1. Field of the Invention
The present invention concerns a method to detect position changes of a medical wherein x-ray detectable markers are arranged in the environment of the implant, and wherein a positional change of the implant is checked using 2D x-ray exposures at temporal intervals of a region containing the implant, using a distribution of the markers in each 2D x-ray exposure, with a first of the 2D x-ray exposures being obtained at a first point in time from one projection direction, and a second of the 2D x-ray exposures being obtained at a second point in time from another projection direction. The invention also concerns an x-ray system fashioned for implementation of the method.

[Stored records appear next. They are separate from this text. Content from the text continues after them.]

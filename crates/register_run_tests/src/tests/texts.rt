//! Texts that become their tables, by runs of many shapes: registers of some records, sealed ones, and texts that are
//! meant to harm. The rows are worked by hand from the calendars' rules: 5 October 1582 in the Julian calendar is day
//! 577736, a Friday.

use super::streams::{ReadFault, Text};
use super::{
    HEADER, Host, RECORD, ROOM, cause_of, end_on_one_thread, is_complete, plain_setup, report_of,
    sinks_of,
};
use date_texts::{Calendar, Target};
use register_records::faults::Sink;
use register_records::{Form, Note, Setup, SetupFault, SourceEnd};
use register_run::Report;
use std::alloc::{AllocError, Global};

/// The heading with no target.
const HEADING: &[u8] = b"row,id,calendar,date,rd,weekday,refusal\n";

/// Whether a line is the row of this number.
fn is_row(line: &str, row: u32) -> bool {
    let Some(number) = line.strip_suffix(",x,gregorian,1970-01-01,719163,Thursday,") else {
        return false;
    };
    number.parse() == Ok(row) && !number.starts_with('0') && !number.starts_with('+')
}

/// Whether these are the bytes of the table of so many records, with no target.
fn is_table(bytes: &[u8], records: u32) -> bool {
    let Some(rows) = bytes.strip_prefix(HEADING) else {
        return false;
    };
    let Ok(rows) = str::from_utf8(rows) else {
        return false;
    };
    let mut row = 0u32;
    for line in rows.lines() {
        row = row.saturating_add(1);
        if !is_row(line, row) {
            return false;
        }
    }
    row == records && (records == 0 || rows.ends_with('\n'))
}

/// Whether a source is whole with so many rows, and its journal has these notes alone, one for each refused row.
fn is_whole_with(end: &SourceEnd, count: u32, notes: &[Note]) -> bool {
    let SourceEnd::Whole {
        rows,
        refused,
        journal,
    } = end
    else {
        return false;
    };
    *rows == count && *refused as usize == notes.len() && journal.as_slice() == notes
}

/// Whether a run is complete with sources of so many records, and its outputs hold their tables.
fn has_tables(report: &Report<Sink>, counts: &[u32]) -> bool {
    let mut right = 0usize;
    for ((end, sink), count) in report.ends.iter().zip(&report.outputs).zip(counts) {
        if is_whole_with(end, *count, &[]) && is_table(sink.bytes(), *count) {
            right = right.saturating_add(1);
        }
    }
    is_complete(report) && right == counts.len() && report.ends.len() == right
}

/// Sources of so many records each.
fn sources_of(alloc: Global, counts: &[u32]) -> Result<Vec<Text<'static>>, AllocError> {
    let mut sources = Vec::new(alloc);
    for count in counts {
        sources.push(Text::new(HEADER, RECORD, *count))?;
    }
    Ok(sources)
}

/// Whether sources of so many records each become their tables.
fn become_tables(
    rt: &impl Host,
    alloc: Global,
    counts: &[u32],
    (ring, stripes): (usize, usize),
) -> bool {
    let sources = sources_of(alloc, counts);
    let sinks = sinks_of(alloc, counts.len());
    let setup = plain_setup(ring, stripes);
    match report_of(rt, alloc, setup, sources.ok(), sinks.ok()) {
        Some(report) => has_tables(&report, counts),
        None => false,
    }
}

#[test]
fn a_header_alone_gives_the_heading_and_no_source_is_complete(rt: HostRuntime) {
    for counts in [[].as_slice(), [0].as_slice()] {
        assert!(rt; become_tables(&rt, rt.alloc(), counts, (16, 1)));
    }
}

#[test]
fn tables_do_not_depend_on_stripes_and_rings(rt: HostRuntime) {
    for stripes in 1..5usize {
        for ring in [1, 4096] {
            assert!(rt;
                become_tables(&rt, rt.alloc(), &[0, 1, 100, 3], (ring, stripes)),
                "{stripes} stripes, rings of {ring}"
            );
        }
    }
}

/// A text, the cause that is reported, or 0, and the table: the text and the table each in two parts, of which the first
/// is that of many.
type Case<'a> = (&'a [u8], &'a [u8], u8, &'a [u8], &'a [u8]);

/// Whether a source has ended so, with this in its output.
fn is_met(case: &Case<'_>, end: &SourceEnd, sink: &Sink) -> bool {
    let (_, _, cause, front, rest) = *case;
    cause_of(end) == cause && sink.bytes().strip_prefix(front) == Some(rest)
}

/// The reader of a text, with at most so many bytes by each read, and this fault.
fn reader_of<'a>(case: &Case<'a>, most: usize, fault: ReadFault) -> Text<'a> {
    let (front, rest, ..) = *case;
    Text::new(front, rest, 1).read_by(most, fault).joined()
}

/// Whether one thread ends a text so.
fn is_met_on_one_thread(case: &Case<'_>, alloc: Global, most: usize) -> bool {
    let Ok(mut sink) = Sink::new(alloc, 7, ROOM, 0, 0, ROOM) else {
        return false;
    };
    let reader = reader_of(case, most, ReadFault::Nothing);
    match end_on_one_thread(alloc, reader, &mut sink) {
        Some(end) => is_met(case, &end, &sink),
        None => false,
    }
}

/// The readers of these texts.
fn readers_of<'a>(
    alloc: Global,
    cases: &[Case<'a>],
    most: usize,
    fault: ReadFault,
) -> Result<Vec<Text<'a>>, AllocError> {
    let mut readers = Vec::new(alloc);
    for case in cases {
        readers.push(reader_of(case, most, fault))?;
    }
    Ok(readers)
}

/// How many texts a run converts as it should, up to the first that it does not.
fn right_in_run(
    rt: &impl Host,
    alloc: Global,
    setup: Result<Setup, SetupFault>,
    cases: &[Case<'_>],
    (most, fault): (usize, ReadFault),
) -> usize {
    let sources = readers_of(alloc, cases, most, fault);
    let sinks = sinks_of(alloc, cases.len());
    match report_of(rt, alloc, setup, sources.ok(), sinks.ok()) {
        Some(report) => right_in_report(&report, cases),
        None => 0,
    }
}

fn right_in_report(report: &Report<Sink>, cases: &[Case<'_>]) -> usize {
    let mut right = 0usize;
    for ((end, sink), case) in report.ends.iter().zip(&report.outputs).zip(cases) {
        if !is_met(case, end, sink) {
            break;
        }
        right = right.saturating_add(1);
    }
    right
}

const GREGORIAN: Target = Target::Date(Calendar::Gregorian);

/// A register that is broken leaves the other one alone.
static PLAIN: [Case<'static>; 2] = [
    (b"", b"", 6, b"", b""),
    (
        HEADER,
        b"b,julian,1582-10-05\n",
        0,
        b"row,id,calendar,date,rd,weekday,gregorian,refusal\n",
        b"1,b,julian,1582-10-05,577736,Friday,1582-10-15,\n",
    ),
];

/// Two records, of which the second has three fields.
const ENTRIES: &[u8] =
    b"id,calendar,date,note\na,julian,1582-10-05,parish book\nb,julian,1582-10-06\n";

/// Their table.
const ROWS: &[u8] = b"row,id,calendar,date,note,rd,weekday,gregorian,refusal\n\
    1,a,julian,1582-10-05,parish book,577736,Friday,1582-10-15,\n2,,,,,,,,1\n";

/// The row of a third record that does not have four fields.
const THIRD_ROW: &[u8] = b"3,,,,,,,,1\n";

/// Sealed registers: which are whole, and why the others are not.
static SEALED: [Case<'static>; 22] = [
    (ENTRIES, b"END,2\n", 0, ROWS, b""),
    (ENTRIES, b" END , 02\n", 0, ROWS, b""),
    (ENTRIES, b"\"END\",0000002", 0, ROWS, b""),
    // There is no seal, or the first one does not agree, or it is not the last record.
    (ENTRIES, b"", 8, ROWS, b""),
    (ENTRIES, b"END,3\n", 8, ROWS, b""),
    (ENTRIES, b"END,1\n", 8, ROWS, b""),
    (ENTRIES, b"END,x\n", 8, ROWS, b""),
    (ENTRIES, b"END,\n", 8, ROWS, b""),
    (ENTRIES, b"END,00000002\n", 8, ROWS, b""),
    (ENTRIES, b"END,2\nc,julian,1582-10-07,\n", 8, ROWS, b""),
    (ENTRIES, b"END,2\nEND,2\n", 8, ROWS, b""),
    (ENTRIES, b"END,3\nEND,3\n", 8, ROWS, b""),
    // A record that is no seal is an entry.
    (ENTRIES, b"END\n", 8, ROWS, THIRD_ROW),
    (ENTRIES, b"END,2,\n", 8, ROWS, THIRD_ROW),
    (ENTRIES, b"end,2\n", 8, ROWS, THIRD_ROW),
    (ENTRIES, b"2,END\n", 8, ROWS, THIRD_ROW),
    (ENTRIES, b"end,2\nEND,3\n", 0, ROWS, THIRD_ROW),
    // A register without entries has a seal too.
    (
        b"id,calendar,date,note\n",
        b"END,0\n",
        0,
        b"row,id,calendar,date,note,rd,weekday,gregorian,refusal\n",
        b"",
    ),
    (b"id,calendar,date,note\n", b"", 8, b"", b""),
    (HEADER, b"END,0\n", 6, b"", b""),
    (b"END,0\nEND,0\n", b"", 6, b"", b""),
    (b"", b"", 6, b"", b""),
];

/// What follows a seal has to be seen, so a register that cannot be read to its end is not whole.
static CUT_OFF: [Case<'static>; 1] = [(ENTRIES, b"END,2\n", 5, ROWS, b"")];

/// The setup of registers in this form.
fn setup_of(form: Form, ring: usize, stripes: usize) -> Result<Setup, SetupFault> {
    Setup::new(&[GREGORIAN], ring, b',', stripes, form)
}

#[test]
fn registers_end_whole_or_with_their_causes(rt: HostRuntime) {
    for (form, ring, stripes, fault, cases) in [
        (Form::Plain, 16, 1, ReadFault::Nothing, PLAIN.as_slice()),
        (Form::Sealed, 1, 1, ReadFault::Nothing, SEALED.as_slice()),
        (Form::Sealed, 1, 4, ReadFault::Nothing, SEALED.as_slice()),
        (Form::Sealed, 1, 1, ReadFault::Behind, CUT_OFF.as_slice()),
    ] {
        let setup = setup_of(form, ring, stripes);
        let right = right_in_run(&rt, rt.alloc(), setup, cases, (ROOM, fault));
        assert!(rt;
            right == cases.len(),
            "{stripes} stripes, behind {right} texts"
        );
    }
}

/// Texts that are meant to harm.
static HOSTILE: [Case<'static>; 16] = [
    (
        HEADER,
        b"aaaaaaaaaaaaaaaaaaaaaaaaaaaaaaaaaaaaaaaa,gregorian,                      1945-11-12\n",
        0,
        HEADING,
        b"1,aaaaaaaaaaaaaaaaaaaaaaaaaaaaaaaaaaaaaaaa,gregorian,                      1945-11-12,710347,Monday,\n",
    ),
    (
        HEADER,
        b"aaaaaaaaaaaaaaaaaaaaaaaaaaaaaaaaaaaaaaaa,gregorian,                       1945-11-12\n",
        0,
        HEADING,
        b"1,,,,,,2\n",
    ),
    (
        HEADER,
        b"d,                 ,1945-11-12\n",
        0,
        HEADING,
        b"1,,,,,,2\n",
    ),
    (
        HEADER,
        b"\xff\xff\xff\xff\xff\xff\xff\xff\xff\xff\
        \xff\xff\xff\xff\xff\xff\xff\xff\xff\xff\
        \xff\xff\xff\xff\xff\xff\xff\xff\xff\xff\
        \xff\xff\xff\xff\xff\xff\xff\xff\xff\xff\
        \xff,gregorian,1945-11-12\n",
        0,
        HEADING,
        b"1,,,,,,2\n",
    ),
    (
        HEADER,
        b"\xff,gregorian,1945-11-12\n",
        0,
        HEADING,
        b"1,,,,,,3\n",
    ),
    (
        HEADER,
        b"\"a\"\"b\",gregorian,1970-01-01\n",
        0,
        HEADING,
        b"1,\"a\"\"b\",gregorian,1970-01-01,719163,Thursday,\n",
    ),
    (
        HEADER,
        b"x,gregorian,1970-01-01",
        0,
        HEADING,
        b"1,x,gregorian,1970-01-01,719163,Thursday,\n",
    ),
    (b"id,calendar,date", b"", 0, HEADING, b""),
    (b"", b"", 6, b"", b""),
    (b"\n\r\n\n", b"", 6, b"", b""),
    (b"id\n", b"", 6, b"", b""),
    (b"id,calendar\n", b"", 6, b"", b""),
    (b"id,calendar,date,note\n", b"", 6, b"", b""),
    (b"id,calendar,date,note,place\n", b"", 6, b"", b""),
    (
        b"id,calendar,date,,,,,,,,,,,,,,,,,,,,,,,,,,,,,,,,,,,,,\n",
        RECORD,
        6,
        b"",
        b"",
    ),
    (b"\xff,calendar,date\n", RECORD, 6, b"", b""),
];

/// How many texts one thread converts as it should, up to the first that it does not.
fn right_on_one_thread(alloc: Global, cases: &[Case<'_>], most: usize) -> usize {
    let mut right = 0usize;
    for case in cases {
        if !is_met_on_one_thread(case, alloc, most) {
            break;
        }
        right = right.saturating_add(1);
    }
    right
}

/// The same on one thread and by runs of one stripe and of four.
fn right_by_calls(rt: &impl Host, alloc: Global, cases: &[Case<'_>], most: usize) -> [usize; 3] {
    let how = (most, ReadFault::Nothing);
    [
        right_on_one_thread(alloc, cases, most),
        right_in_run(rt, alloc, plain_setup(1, 1), cases, how),
        right_in_run(rt, alloc, plain_setup(1, 4), cases, how),
    ]
}

/// A text with no closing quote: what it means is left open, but every call means the same.
const OPEN_QUOTE: &[u8] =
    b"x,gregorian,1970-01-01\na,\"gregorian,1945-11-12\nb,gregorian,1945-11-12\n";

/// What one thread makes of this text, where it is read at once, comes of all calls.
fn right_with_open_quote(rt: &impl Host, alloc: Global, most: usize) -> [usize; 3] {
    let Ok(mut sink) = Sink::new(alloc, 7, ROOM, 0, 0, ROOM) else {
        return [0; 3];
    };
    let text = Text::new(HEADER, OPEN_QUOTE, 1).joined();
    let Some(end) = end_on_one_thread(alloc, text, &mut sink) else {
        return [0; 3];
    };
    let case: Case<'_> = (HEADER, OPEN_QUOTE, cause_of(&end), sink.bytes(), b"");
    right_by_calls(rt, alloc, &[case], most)
}

#[test]
fn every_call_says_the_same_of_a_hostile_text(rt: HostRuntime) {
    for most in [ROOM, 1] {
        let right = right_by_calls(&rt, rt.alloc(), &HOSTILE, most);
        assert!(rt;
            right == [HOSTILE.len(); 3],
            "reads of {most}, behind {right:?} texts"
        );
        assert!(rt;
            right_with_open_quote(&rt, rt.alloc(), most) == [1; 3],
            "reads of {most}"
        );
    }
}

2. Description of the Prior Art
Supervision of the change of the position of implants, in particular the position of implanted prostheses, is an important post-operative measure in order to be able to undertake timely corrections and to prevent complications. Immediately after the implantation of artificial joints, the prosthesis can loosen in the course of time due to weakening of the materials used. In order to recognize this loosening, in the implantation, in addition to the prosthesis, small metal spheres that can be clearly localized in x-ray exposures of this region are placed in the bones bordering the prosthesis. A shifting of the artificial joint relative to the bones can be detected in the x-ray exposure with these metal spheres serving as markers. Such a shifting is an indicator of the loosening of the artificial joint.

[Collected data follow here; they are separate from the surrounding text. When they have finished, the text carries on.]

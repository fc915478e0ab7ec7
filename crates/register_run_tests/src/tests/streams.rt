//! Readers that take no memory, and a writer that keeps none.

use std::io;
use std::io::{ErrorKind, Read, Write};
use std::sync::atomic::{AtomicU64, Ordering};

/// What goes wrong with the reads of a text.
#[derive(Clone, Copy)]
pub enum ReadFault {
    Nothing,
    /// The read of this number, from 1, fails.
    At(u32),
    /// What comes behind the text cannot be read.
    Behind,
    /// Each second read, from the first on, is interrupted.
    Interrupted,
}

/// A reader of a text: a front, and behind it the same lines so many times. Each of these begins with a read of its own,
/// but where they are joined.
#[derive(Drop)]
pub struct Text<'a> {
    rest: &'a [u8],
    more: &'a [u8],
    left: u32,
    is_joined: bool,
    // The most bytes of a read.
    most: usize,
    fault: ReadFault,
    reads: u32,
}

impl<'a> Text<'a> {
    pub fn new(front: &'a [u8], more: &'a [u8], left: u32) -> Text<'a> {
        Text {
            rest: front,
            more,
            left,
            is_joined: false,
            most: usize::MAX,
            fault: ReadFault::Nothing,
            reads: 0,
        }
    }

    /// The same with at most so many bytes by each read, and with this fault.
    pub fn read_by(self, most: usize, fault: ReadFault) -> Text<'a> {
        Text {
            most,
            fault,
            ..self
        }
    }

    /// The same where one read may give the front and what is behind it.
    pub fn joined(self) -> Text<'a> {
        Text {
            is_joined: true,
            ..self
        }
    }

    /// Begins what is next, where all that was begun was given.
    fn begin_next(&mut self) {
        if self.rest.is_empty() && self.left > 0 {
            self.rest = self.more;
            self.left = self.left.saturating_sub(1);
        }
    }

    /// Whether all that was begun was given.
    pub fn is_between(&self) -> bool {
        self.rest.is_empty()
    }

    /// Why this read fails, if it does.
    fn fault_of_read(&self) -> Option<ErrorKind> {
        match self.fault {
            ReadFault::At(number) if self.reads == number => Some(ErrorKind::Other),
            ReadFault::Behind if self.rest.is_empty() && self.left == 0 => {
                Some(ErrorKind::BrokenPipe)
            }
            ReadFault::Interrupted if self.reads % 2 == 1 => Some(ErrorKind::Interrupted),
            _ => None,
        }
    }
}

impl Read for Text<'_> {
    fn read(&mut self, buf: &mut [u8]) -> io::Result<usize> {
        self.reads = self.reads.saturating_add(1);
        if let Some(kind) = self.fault_of_read() {
            return Err(io::Error::from(kind));
        }
        self.begin_next();
        let most = buf.len().min(self.most);
        let count = self.rest.read(&mut buf[..most])?;
        if !self.is_joined {
            return Ok(count);
        }
        self.begin_next();
        let more = self.rest.read(&mut buf[count..most])?;
        Ok(count + more)
    }
}

/// A writer that keeps nothing. It counts its bytes, and its calls after the first, which is that of the heading.
#[derive(Drop)]
pub struct Counter<'a> {
    has_heading: bool,
    rows: &'a AtomicU64,
    bytes: &'a AtomicU64,
}

impl<'a> Counter<'a> {
    pub fn new(rows: &'a AtomicU64, bytes: &'a AtomicU64) -> Counter<'a> {
        Counter {
            has_heading: false,
            rows,
            bytes,
        }
    }
}

impl Write for Counter<'_> {
    fn write(&mut self, buf: &[u8]) -> io::Result<usize> {
        if self.has_heading {
            self.rows.fetch_add(1, Ordering::SeqCst);
        }
        self.has_heading = true;
        self.bytes.fetch_add(buf.len() as u64, Ordering::SeqCst);
        Ok(buf.len())
    }

    fn flush(&mut self) -> io::Result<()> {
        Ok(())
    }
}
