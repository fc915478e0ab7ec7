//! The example in the doc comment of `run`, under the name of its item. The lines are the same in both places.

use register_records::{Form, PlainOutput, Setup};
use register_run::{Verdict, run};
use std::test::Fail;

/// `run`
#[test]
fn sources_become_tables(rt: HostRuntime) -> Result<(), Fail> {
    let setup = Setup::new(&[], 16, b',', 1, Form::Plain)?;
    let text = b"id,calendar,date\nx,gregorian,1970-01-01\n";
    let sources = Vec::from_array(rt.alloc(), [text.as_slice()])?;
    let outputs = Vec::from_array(rt.alloc(), [PlainOutput::new(Vec::new(rt.alloc()), 1)])?;
    let result = run(&rt, rt.alloc(), sources, outputs, &setup);
    assert!(rt; result.is_ok_and(|report| report.verdict == Verdict::Complete));
    Ok(())
}
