// What true(f) brings in: next(f) and init(f), if they are in the table.
ghost use Rattle.std.specs.Prelude.{◌≡◌, ◌<◌, length};
ghost use Rattle.edges.specs.Marks.{Brought};
ghost use Rattle.reach.specs.Onward.{is_onward, Follows, Unindexed, Indexed};

use super::steps::Steps;
use edges::uses::Chains;
use edges::worklist::Worklist;
use gdl::arrays::AtomArrays;
use gdl::kinds::Kind;

// Whether a kind is next or init: by number, as the arrays hold kinds (see `gdl::kinds::Kind`).
fn is_onward(kind: u16) -> bool
    ensures { result ≡ is_onward kind }
{
    kind == Kind::Next.number() || kind == Kind::Init.number()
}

// The next and init atoms of each fluent, into a lent index that knows none yet: rising, until 1,024. From the last atom down: one turn for each.
// A fluent from 512 on has no true(f).
pub(super) fn index_onward(atoms: &AtomArrays, index: &mut Chains<512, 1024>)
    requires { Unindexed atoms.now index.old.first index.old.next }
    ensures { Indexed atoms.now index.new.first index.new.next }
{
    for q in (0..atoms.kinds.len()).rev() {
        let f = usize::from(atoms.firsts[q]);
        if is_onward(atoms.kinds[q]) && f < 512 {
            index.put(f, q);
        }
    }
}

// Marks next(f) and init(f), where atom `p` is true(f).
pub(super) fn bring_onward(steps: &Steps, p: usize, work: &mut Worklist)
    requires { p < length steps.now.atoms.kinds.now }
    ensures { Brought (Follows steps.now.atoms p) work.old work.new }
{
    if steps.atoms.kinds[p] != Kind::True.number() {
        return;
    }
    let f = usize::from(steps.atoms.firsts[p]);
    let mut q = usize::from(steps.fluents.first[f]);
    while q < steps.atoms.kinds.len() {
        work.mark(q);
        q = usize::from(steps.fluents.next[q]);
    }
}
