// What a head brings in: the clauses of each atom, and the atoms of their bodies.
ghost use Rattle.std.specs.Prelude.{◌<◌, length};
ghost use Rattle.edges.specs.Marks.{Brought};
ghost use Rattle.reach.specs.Bodies.{InBody, InBodies, Unindexed, Indexed};

use super::steps::Steps;
use edges::uses::Chains;
use edges::worklist::Worklist;

// The clauses of each head, into a lent index that knows none yet: rising, until 2,048. From the last clause down: one turn for each.
pub(super) fn index_heads(heads: &[u16], index: &mut Chains<1024, 2048>)
    requires { Unindexed heads.now index.old.first index.old.next }
    ensures { Indexed heads.now index.new.first index.new.next }
{
    for c in (0..heads.len()).rev() {
        index.put(usize::from(heads[c]), c);
    }
}

// Marks the atoms of the body of clause `c`, negated or not.
fn bring_body(steps: &Steps, c: usize, work: &mut Worklist)
    requires { c < length steps.now.clauses.heads.now }
    ensures { Brought (InBody steps.now.clauses c) work.old work.new }
{
    let start = usize::from(steps.clauses.starts[c]);
    let end = usize::from(steps.clauses.starts[c + 1]);
    for &literal in &steps.clauses.literals[start..end] {
        let h = usize::from(literal / 2);
        work.mark(h);
    }
}

// Marks the atoms of the bodies of the clauses whose head is `p`: one turn for each of these clauses.
pub(super) fn bring_bodies(steps: &Steps, p: usize, work: &mut Worklist)
    requires { p < 1024 }
    ensures { Brought (InBodies steps.now.clauses p) work.old work.new }
{
    let mut c = usize::from(steps.heads.first[p]);
    while c < steps.clauses.heads.len() {
        bring_body(steps, c, work);
        c = usize::from(steps.heads.next[c]);
    }
}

A known method for detection of the position change of an implant (as it is described, for example, in Selvik, G., Roentgen stereophotogrammetry, Acta Orthopaedica Scandinavica Supplementum No. 232, Volume 60, 1989, Reprint from the original 1971 thesis) requires the implementation of at least four x-ray exposures with a calibration pattern in order to be able to detect corresponding position changes. For this, at each of regular temporal intervals two 2D x-ray exposures of a region containing the implant are obtained together with the calibration pattern from two projection directions predetermined by the calibration pattern. Corresponding spheres as well as marked points of the implant in the exposures are respectively, manually marked in the 2D x-ray exposures acquired at each interval. With the help of these correspondences, the position of the spheres and marked points in the 2D x-ray exposures and the measurement data of the calibration pattern, a 3D model of the spheres in the bones as well as of the marked points of the implant is generated. The comparison of the 3D model calculated in this manner at each interval with a 3D model calculated earlier or later enables a decision as to whether a position change of the implant has occurred, and what dimension this position change exhibits. The comparison requires the consistent numbering of the individual points or spheres in the 2D x-ray exposures. The method is tedious and additionally stresses the patient with the x-ray dose applied in the x-ray exposures.